Available records
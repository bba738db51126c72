//! The tests of `node_core`, `forward_core`, `locked_node`, `laws`, `cli_core` and `cli_words`. They are in one crate, since a check of it
//! reads the libraries below once.
#![tactic(auto)]

/// The rows of a table, each ended by a semicolon.
#[cfg(test)]
macro_rules! rows {
    ($($($cell:expr),+;)+) => {
        [$(($($cell),+)),+]
    };
}

/// Calls of a node: their name, and rows of a call and what it tells.
#[cfg(test)]
macro_rules! calls {
    ($name:literal: $($call:expr, $told:expr;)+) => {
        ($name, &[$(($call, $told)),+])
    };
}

/// How a node starts, and its calls.
#[cfg(test)]
macro_rules! case {
    ($start:expr, $name:literal: $($call:expr, $told:expr;)+) => {
        ($start, ($name, &[$(($call, $told)),+]))
    };
}

#[cfg(test)]
mod calls;
#[cfg(test)]
mod cases;
#[cfg(test)]
mod cli;
#[cfg(test)]
mod forward;
#[cfg(test)]
mod locked;
#[cfg(test)]
mod node;
#[cfg(test)]
mod shared;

Work task
For this exercise, output the records in full, exactly.

Output for this exercise
repository bba738db51126c72
//! The tests of `node_core`, `forward_core`, `locked_node`, `laws`, `cli_core` and `cli_words`. They are in one crate, since a check of it
//! reads the libraries below once.
#![tactic(auto)]

/// The rows of a table, each ended by a semicolon.
#[cfg(test)]
macro_rules! rows {
    ($($($cell:expr),+;)+) => {
        [$(($($cell),+)),+]
    };
}

/// Calls of a node: their name, and rows of a call and what it tells.
#[cfg(test)]
macro_rules! calls {
    ($name:literal: $($call:expr, $told:expr;)+) => {
        ($name, &[$(($call, $told)),+])
    };
}

/// How a node starts, and its calls.
#[cfg(test)]
macro_rules! case {
    ($start:expr, $name:literal: $($call:expr, $told:expr;)+) => {
        ($start, ($name, &[$(($call, $told)),+]))
    };
}

#[cfg(test)]
mod calls;
#[cfg(test)]
mod cases;
#[cfg(test)]
mod cli;
#[cfg(test)]
mod forward;
#[cfg(test)]
mod locked;
#[cfg(test)]
mod node;
#[cfg(test)]
mod shared;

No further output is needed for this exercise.